### ASSIGNED TASK
Retype all the records with nothing changed.

### EXERCISE MATERIALS
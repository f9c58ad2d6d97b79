//! The earlier of two faults.
ghost use Rattle.std.specs.Prelude.{◌≡◌, ◌⊎◌, ℕ, List};
ghost use Rattle.envelope.specs.Faults.{HasFault, IsEarlier};
ghost use Rattle.envelope.specs.Notings.{Noted, Agree, union};

/// The earlier of two faults, by step and then by place.
pub(crate) fn earlier(a: Option<(u64, u64)>, b: Option<(u64, u64)>) -> Option<(u64, u64)>
    ensures { (spans : List (ℕ × ℕ)) (last : ℕ) (map more : Noted) → Agree map more →
        HasFault spans last map a → HasFault spans last more b →
        HasFault spans last (union map more) result }
{
    match (a, b) {
        (Some(a), Some(b)) => Some(earlier_pair(a, b)),
        (Some(a), None) => Some(a),
        (None, other) => other,
    }
}

fn earlier_pair(a: (u64, u64), b: (u64, u64)) -> (u64, u64)
    ensures { ((result ≡ a) × IsEarlier a b) ⊎ ((result ≡ b) × IsEarlier b a) }
{
    if b.0 < a.0 {
        return b;
    }
    if a.0 == b.0 && b.1 < a.1 { b } else { a }
}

### SOLUTION BELOW
repository f9c58ad2d6d97b79
//! The earlier of two faults.
ghost use Rattle.std.specs.Prelude.{◌≡◌, ◌⊎◌, ℕ, List};
ghost use Rattle.envelope.specs.Faults.{HasFault, IsEarlier};
ghost use Rattle.envelope.specs.Notings.{Noted, Agree, union};

/// The earlier of two faults, by step and then by place.
pub(crate) fn earlier(a: Option<(u64, u64)>, b: Option<(u64, u64)>) -> Option<(u64, u64)>
    ensures { (spans : List (ℕ × ℕ)) (last : ℕ) (map more : Noted) → Agree map more →
        HasFault spans last map a → HasFault spans last more b →
        HasFault spans last (union map more) result }
{
    match (a, b) {
        (Some(a), Some(b)) => Some(earlier_pair(a, b)),
        (Some(a), None) => Some(a),
        (None, other) => other,
    }
}

fn earlier_pair(a: (u64, u64), b: (u64, u64)) -> (u64, u64)
    ensures { ((result ≡ a) × IsEarlier a b) ⊎ ((result ≡ b) × IsEarlier b a) }
{
    if b.0 < a.0 {
        return b;
    }
    if a.0 == b.0 && b.1 < a.1 { b } else { a }
}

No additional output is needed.